WHAT THE TASK REQUIRES | Across these entries, count the lines holding the string "sender"; the number is the whole answer.

DATA RECORDS |

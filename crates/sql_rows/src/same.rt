//! Whether two schemas are the same. It may miss that they are where a default or a check has a number with a point.

ghost use Rattle.std.specs.Prelude.{◌≡◌, IsTrue};

use sqlite_items::Items;
use sqlite_schema::code::{Op, Terms};
use sqlite_schema::schema::{Column, Index, Reference, Schema, Stamps, Table};
use sqlite_value::keys::Order;
use sqlite_value::value::{Bytes, Value};

/// A test that finds equal values.
pub trait Same {
    /// Whether the two are known to be equal.
    fn same(&self, other: &Self) -> bool
        ensures { IsTrue result → self.now ≡ other.now };
}

fn all_same<T: Same>(ones: &[T], others: &[T]) -> bool
    ensures { IsTrue result → ones.now ≡ others.now }
{
    // `zip` ends with the shorter of the two.
    if ones.len() != others.len() {
        return false;
    }
    for (one, other) in ones.iter().zip(others) {
        if !one.same(other) {
            return false;
        }
    }
    true
}

impl Same for usize {
    fn same(&self, other: &usize) -> bool {
        self == other
    }
}

impl Same for Order {
    fn same(&self, other: &Order) -> bool {
        self == other
    }
}

impl Same for Bytes {
    fn same(&self, other: &Bytes) -> bool {
        self.as_slice() == other.as_slice()
    }
}

impl<T: Same> Same for Items<T> {
    fn same(&self, other: &Items<T>) -> bool {
        all_same(self.as_slice(), other.as_slice())
    }
}

impl Same for Value {
    fn same(&self, other: &Value) -> bool {
        match (self, other) {
            (Value::Null, Value::Null) => true,
            (Value::Int(one), Value::Int(other)) => one == other,
            (Value::Text(one), Value::Text(other)) => one.same(other),
            // Reals and blobs count as different. No table here has them; at worst a file is refused.
            _ => false,
        }
    }
}

impl Same for Op {
    fn same(&self, other: &Op) -> bool {
        match (self, other) {
            (Op::Literal(one), Op::Literal(other)) => one.same(other),
            (Op::Column(slot, at), Op::Column(other_slot, other_at)) => {
                slot == other_slot && at == other_at
            }
            (Op::Binary(op, left, right), Op::Binary(other_op, other_left, other_right)) => {
                op == other_op && left == other_left && right == other_right
            }
            // Our checks need no other operation. Others count as different: at worst a file is refused.
            _ => false,
        }
    }
}

impl Same for Terms {
    fn same(&self, other: &Terms) -> bool {
        self.nodes.same(&other.nodes) && self.roots.same(&other.roots)
    }
}

impl Same for Column {
    fn same(&self, other: &Column) -> bool {
        self.name.same(&other.name)
            && self.kind == other.kind
            && self.is_strict == other.is_strict
            && self.not_null == other.not_null
            && self.default.same(&other.default)
            && self.collation == other.collation
    }
}

impl Same for Reference {
    fn same(&self, other: &Reference) -> bool {
        self.columns.same(&other.columns)
            && self.parent.same(&other.parent)
            && self.parent_columns.same(&other.parent_columns)
            && self.on_delete == other.on_delete
            && self.on_update == other.on_update
            && self.is_deferred == other.is_deferred
    }
}

impl Same for Stamps {
    fn same(&self, other: &Stamps) -> bool {
        self.places.same(&other.places)
            && self.terms.same(&other.terms)
            && self.formats.same(&other.formats)
    }
}

impl Same for Index {
    fn same(&self, other: &Index) -> bool {
        self.name.same(&other.name)
            && self.tree == other.tree
            && self.table == other.table
            && self.columns.same(&other.columns)
            && self.order == other.order
            && self.is_unique == other.is_unique
    }
}

impl Same for Table {
    fn same(&self, other: &Table) -> bool {
        self.name.same(&other.name)
            && self.tree == other.tree
            && self.columns.same(&other.columns)
            && self.key == other.key
            && self.primary.same(&other.primary)
            && self.uniques.same(&other.uniques)
            && self.orders.same(&other.orders)
            && self.checks.same(&other.checks)
            && self.references.same(&other.references)
            && self.computed.same(&other.computed)
            && self.stamps.same(&other.stamps)
            && self.is_counted == other.is_counted
    }
}

/// Whether the two schemas are known to be the same; one with a view isn't.
pub fn same_schema(one: &Schema, other: &Schema) -> bool
    ensures { IsTrue result → one.now ≡ other.now }
{
    one.tables.same(&other.tables)
        && one.indexes.same(&other.indexes)
        // None of our schemas has a view, so views needn't be compared.
        && one.views.is_empty()
        && other.views.is_empty()
}
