//! What the entities processed, in order.

ghost use Rattle.std.specs.Prelude.{◌≡◌, ◌≤◌, false, OnOk, IfOk, IsTrue, Some, filter, length, [], ◌∷◌};
ghost use Rattle.sqlite.specs.Held.{state};
ghost use Rattle.sqlite.specs.State.{HasCleanDisk, IsUnchanged, Survives, KeepsCommit};
ghost use Rattle.sqlite.specs.declared.types.Value.TheVariants.{Null, Int, Text};
ghost use Rattle.sqlite_sql.specs.Aggregate.{count};
ghost use Rattle.sqlite_sql.specs.Query.{as_count};
ghost use Rattle.sqlite_trees.specs.Tree.{Trees};
ghost use Rattle.sqlite_trees.specs.View.{doubt};
ghost use Rattle.sqlite_value.specs.Order.{column};
ghost use Rattle.sql_rows.specs.Schema.{IsService};
ghost use Rattle.sql_rows.specs.Tables.{IsRising, Adds, Edits, Stays, AreInOrder, is_from, is_within, by_position};
ghost use Rattle.sql_rows.specs.Tables.{by_position_down, shown_entry};

use crate::statements::{int, read, read_inside, text, write};
use sqlite::{Alter, Connection, Error, Row, Transaction};

/// Adds a command that a seat gave to an entity.
pub fn add_command<S: Alter>(
    tx: &mut Transaction<'_, S>,
    entity: &str,
    seat: i64,
    body: &str,
) -> Result<usize, Error>
    requires schema { HasCleanDisk (state S.Store tx.old.conn.now)
        → IsService (state S.Store tx.old.conn.now).now.schema }
    requires rising { HasCleanDisk (state S.Store tx.old.conn.now)
        → IsRising ((state S.Store tx.old.conn.now).now.trees 0) }
    requires inside { HasCleanDisk (state S.Store tx.old.conn.now)
        → IsTrue (state S.Store tx.old.conn.now).in_transaction }
    ensures same_reference { tx.new.conn.ghost_name ≡ tx.old.conn.ghost_name }
    ensures ok { HasCleanDisk (state S.Store tx.new.conn.now) → OnOk result (Edits 0
        (Adds (Null ∷ Text entity.now ∷ Int seat ∷ Null ∷ Null ∷ Text body.now ∷ []))
        (state S.Store tx.old.conn.now) (state S.Store tx.new.conn.now)) }
    ensures kept { HasCleanDisk (state S.Store tx.new.conn.now)
        → KeepsCommit (state S.Store tx.old.conn.now) (state S.Store tx.new.conn.now) }
    ensures survives { Survives (state S.Store tx.old.conn.now) (state S.Store tx.new.conn.now) (λ _. ⊥) }
{
    // No position is bound: SQLite gives the row the one after the last, so that no caller's has to be trusted.
    write(
        tx,
        "INSERT INTO journal (entity, seat, body) VALUES (?1, ?2, ?3)",
        &[text(entity), int(seat), text(body)],
    )
}

/// Adds a message that an entity processed, with its sender and its number.
pub fn add_message<S: Alter>(
    tx: &mut Transaction<'_, S>,
    entity: &str,
    sender: &str,
    number: i64,
    body: &str,
) -> Result<usize, Error>
    requires schema { HasCleanDisk (state S.Store tx.old.conn.now)
        → IsService (state S.Store tx.old.conn.now).now.schema }
    requires rising { HasCleanDisk (state S.Store tx.old.conn.now)
        → IsRising ((state S.Store tx.old.conn.now).now.trees 0) }
    requires inside { HasCleanDisk (state S.Store tx.old.conn.now)
        → IsTrue (state S.Store tx.old.conn.now).in_transaction }
    ensures same_reference { tx.new.conn.ghost_name ≡ tx.old.conn.ghost_name }
    ensures ok { HasCleanDisk (state S.Store tx.new.conn.now) → OnOk result (Edits 0
        (Adds (Null ∷ Text entity.now ∷ Null ∷ Text sender.now ∷ Int number ∷ Text body.now ∷ []))
        (state S.Store tx.old.conn.now) (state S.Store tx.new.conn.now)) }
    ensures kept { HasCleanDisk (state S.Store tx.new.conn.now)
        → KeepsCommit (state S.Store tx.old.conn.now) (state S.Store tx.new.conn.now) }
    ensures survives { Survives (state S.Store tx.old.conn.now) (state S.Store tx.new.conn.now) (λ _. ⊥) }
{
    // Without a seat: a row has a seat, or a sender and a number.
    write(
        tx,
        "INSERT INTO journal (entity, sender, number, body) VALUES (?1, ?2, ?3, ?4)",
        &[text(entity), text(sender), int(number), text(body)],
    )
}

/// The first rows from a position on.
pub fn read_journal<S: Alter>(
    conn: &mut Connection<S>,
    from: i64,
    limit: i64,
) -> Result<Vec<Row>, Error>
    requires schema { HasCleanDisk (state S.Store conn.old) → IsService (state S.Store conn.old).now.schema }
    requires settled { HasCleanDisk (state S.Store conn.old)
        → (state S.Store conn.old).now ≡ (state S.Store conn.old).committed }
    requires autocommit { conn.old.in_transaction ≡ false }
    ensures rows { HasCleanDisk (state S.Store conn.new) → IfOk result (λ rows.
        AreInOrder by_position (as_count (Int limit)) shown_entry
        (filter (is_from from) ((state S.Store conn.old).now.trees 0)) rows.items) }
    ensures autocommit { conn.new.in_transaction ≡ false }
    ensures open { HasCleanDisk (state S.Store conn.new) → OnOk result (IsTrue (state S.Store conn.new).is_open) }
    ensures stays { HasCleanDisk (state S.Store conn.new) → Stays (state S.Store conn.old) (state S.Store conn.new) }
    ensures clean { doubt (state S.Store conn.old).is_clean ≤ doubt (state S.Store conn.new).is_clean }
    ensures crash { HasCleanDisk (state S.Store conn.new) → (db : Trees)
        → (state S.Store conn.new).may_leave db → (state S.Store conn.old).may_leave db }
{
    read(
        conn,
        "SELECT pos, entity, seat, sender, number, body FROM journal WHERE pos >= ?1 ORDER BY pos \
         LIMIT ?2",
        &[int(from), int(limit)],
    )
}

/// The last position; no row, where the journal is empty.
pub fn read_last_position<S: Alter>(conn: &mut Connection<S>) -> Result<Vec<Row>, Error>
    requires schema { HasCleanDisk (state S.Store conn.old) → IsService (state S.Store conn.old).now.schema }
    requires settled { HasCleanDisk (state S.Store conn.old)
        → (state S.Store conn.old).now ≡ (state S.Store conn.old).committed }
    requires autocommit { conn.old.in_transaction ≡ false }
    ensures rows { HasCleanDisk (state S.Store conn.new) → IfOk result (λ rows.
        AreInOrder by_position_down (Some 1) (λ x. column x 0 ∷ [])
        ((state S.Store conn.old).now.trees 0) rows.items) }
    ensures autocommit { conn.new.in_transaction ≡ false }
    ensures open { HasCleanDisk (state S.Store conn.new) → OnOk result (IsTrue (state S.Store conn.new).is_open) }
    ensures stays { HasCleanDisk (state S.Store conn.new) → Stays (state S.Store conn.old) (state S.Store conn.new) }
    ensures clean { doubt (state S.Store conn.old).is_clean ≤ doubt (state S.Store conn.new).is_clean }
    ensures crash { HasCleanDisk (state S.Store conn.new) → (db : Trees)
        → (state S.Store conn.new).may_leave db → (state S.Store conn.old).may_leave db }
{
    read(
        conn,
        "SELECT pos FROM journal ORDER BY pos DESC LIMIT 1",
        &[],
    )
}

/// How many rows there are, in one row.
pub fn count_rows<S: Alter>(conn: &mut Connection<S>) -> Result<Vec<Row>, Error>
    requires schema { HasCleanDisk (state S.Store conn.old) → IsService (state S.Store conn.old).now.schema }
    requires settled { HasCleanDisk (state S.Store conn.old)
        → (state S.Store conn.old).now ≡ (state S.Store conn.old).committed }
    requires autocommit { conn.old.in_transaction ≡ false }
    ensures rows { HasCleanDisk (state S.Store conn.new) → IfOk result (λ rows.
        rows.items ≡ (count (length ((state S.Store conn.old).now.trees 0)) ∷ []) ∷ []) }
    ensures autocommit { conn.new.in_transaction ≡ false }
    ensures open { HasCleanDisk (state S.Store conn.new) → OnOk result (IsTrue (state S.Store conn.new).is_open) }
    ensures stays { HasCleanDisk (state S.Store conn.new) → Stays (state S.Store conn.old) (state S.Store conn.new) }
    ensures clean { doubt (state S.Store conn.old).is_clean ≤ doubt (state S.Store conn.new).is_clean }
    ensures crash { HasCleanDisk (state S.Store conn.new) → (db : Trees)
        → (state S.Store conn.new).may_leave db → (state S.Store conn.old).may_leave db }
{
    // It goes through all rows, so only an opening asks for it.
    read(conn, "SELECT count(*) FROM journal", &[])
}

/// How many rows there are as the transaction sees them, in one row.
pub fn count_rows_inside<S: Alter>(tx: &mut Transaction<'_, S>) -> Result<Vec<Row>, Error>
    requires schema { HasCleanDisk (state S.Store tx.old.conn.now)
        → IsService (state S.Store tx.old.conn.now).now.schema }
    ensures same_reference { tx.new.conn.ghost_name ≡ tx.old.conn.ghost_name }
    ensures rows { HasCleanDisk (state S.Store tx.new.conn.now) → IfOk result (λ rows. rows.items
        ≡ (count (length ((state S.Store tx.old.conn.now).now.trees 0)) ∷ []) ∷ []) }
    ensures ok { HasCleanDisk (state S.Store tx.new.conn.now)
        → OnOk result (IsUnchanged (state S.Store tx.old.conn.now) (state S.Store tx.new.conn.now)) }
    ensures kept { HasCleanDisk (state S.Store tx.new.conn.now)
        → KeepsCommit (state S.Store tx.old.conn.now) (state S.Store tx.new.conn.now) }
    ensures survives { Survives (state S.Store tx.old.conn.now) (state S.Store tx.new.conn.now) (λ _. ⊥) }
{
    // For a migration, whose rows are read and counted before they are committed.
    read_inside(tx, "SELECT count(*) FROM journal", &[])
}

/// How many rows have a position between these two, in one row.
pub fn count_rows_within<S: Alter>(
    conn: &mut Connection<S>,
    first: i64,
    last: i64,
) -> Result<Vec<Row>, Error>
    requires schema { HasCleanDisk (state S.Store conn.old) → IsService (state S.Store conn.old).now.schema }
    requires settled { HasCleanDisk (state S.Store conn.old)
        → (state S.Store conn.old).now ≡ (state S.Store conn.old).committed }
    requires autocommit { conn.old.in_transaction ≡ false }
    ensures rows { HasCleanDisk (state S.Store conn.new) → IfOk result (λ rows. rows.items
        ≡ (count (length (filter (is_within first last) ((state S.Store conn.old).now.trees 0))) ∷ []) ∷ []) }
    ensures autocommit { conn.new.in_transaction ≡ false }
    ensures open { HasCleanDisk (state S.Store conn.new) → OnOk result (IsTrue (state S.Store conn.new).is_open) }
    ensures stays { HasCleanDisk (state S.Store conn.new) → Stays (state S.Store conn.old) (state S.Store conn.new) }
    ensures clean { doubt (state S.Store conn.old).is_clean ≤ doubt (state S.Store conn.new).is_clean }
    ensures crash { HasCleanDisk (state S.Store conn.new) → (db : Trees)
        → (state S.Store conn.new).may_leave db → (state S.Store conn.old).may_leave db }
{
    // An opening compares this with the number of all rows: if they are equal, no position is missing.
    read(
        conn,
        "SELECT count(*) FROM journal WHERE pos >= ?1 AND pos <= ?2",
        &[int(first), int(last)],
    )
}

/// How many rows have a position between these two as the transaction sees them, in one row.
pub fn count_rows_within_inside<S: Alter>(
    tx: &mut Transaction<'_, S>,
    first: i64,
    last: i64,
) -> Result<Vec<Row>, Error>
    requires schema { HasCleanDisk (state S.Store tx.old.conn.now)
        → IsService (state S.Store tx.old.conn.now).now.schema }
    ensures same_reference { tx.new.conn.ghost_name ≡ tx.old.conn.ghost_name }
    ensures rows { HasCleanDisk (state S.Store tx.new.conn.now) → IfOk result (λ rows. rows.items
        ≡ (count (length (filter (is_within first last) ((state S.Store tx.old.conn.now).now.trees 0))) ∷ []) ∷ []) }
    ensures ok { HasCleanDisk (state S.Store tx.new.conn.now)
        → OnOk result (IsUnchanged (state S.Store tx.old.conn.now) (state S.Store tx.new.conn.now)) }
    ensures kept { HasCleanDisk (state S.Store tx.new.conn.now)
        → KeepsCommit (state S.Store tx.old.conn.now) (state S.Store tx.new.conn.now) }
    ensures survives { Survives (state S.Store tx.old.conn.now) (state S.Store tx.new.conn.now) (λ _. ⊥) }
{
    read_inside(
        tx,
        "SELECT count(*) FROM journal WHERE pos >= ?1 AND pos <= ?2",
        &[int(first), int(last)],
    )
}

FINISHED EXERCISE | 7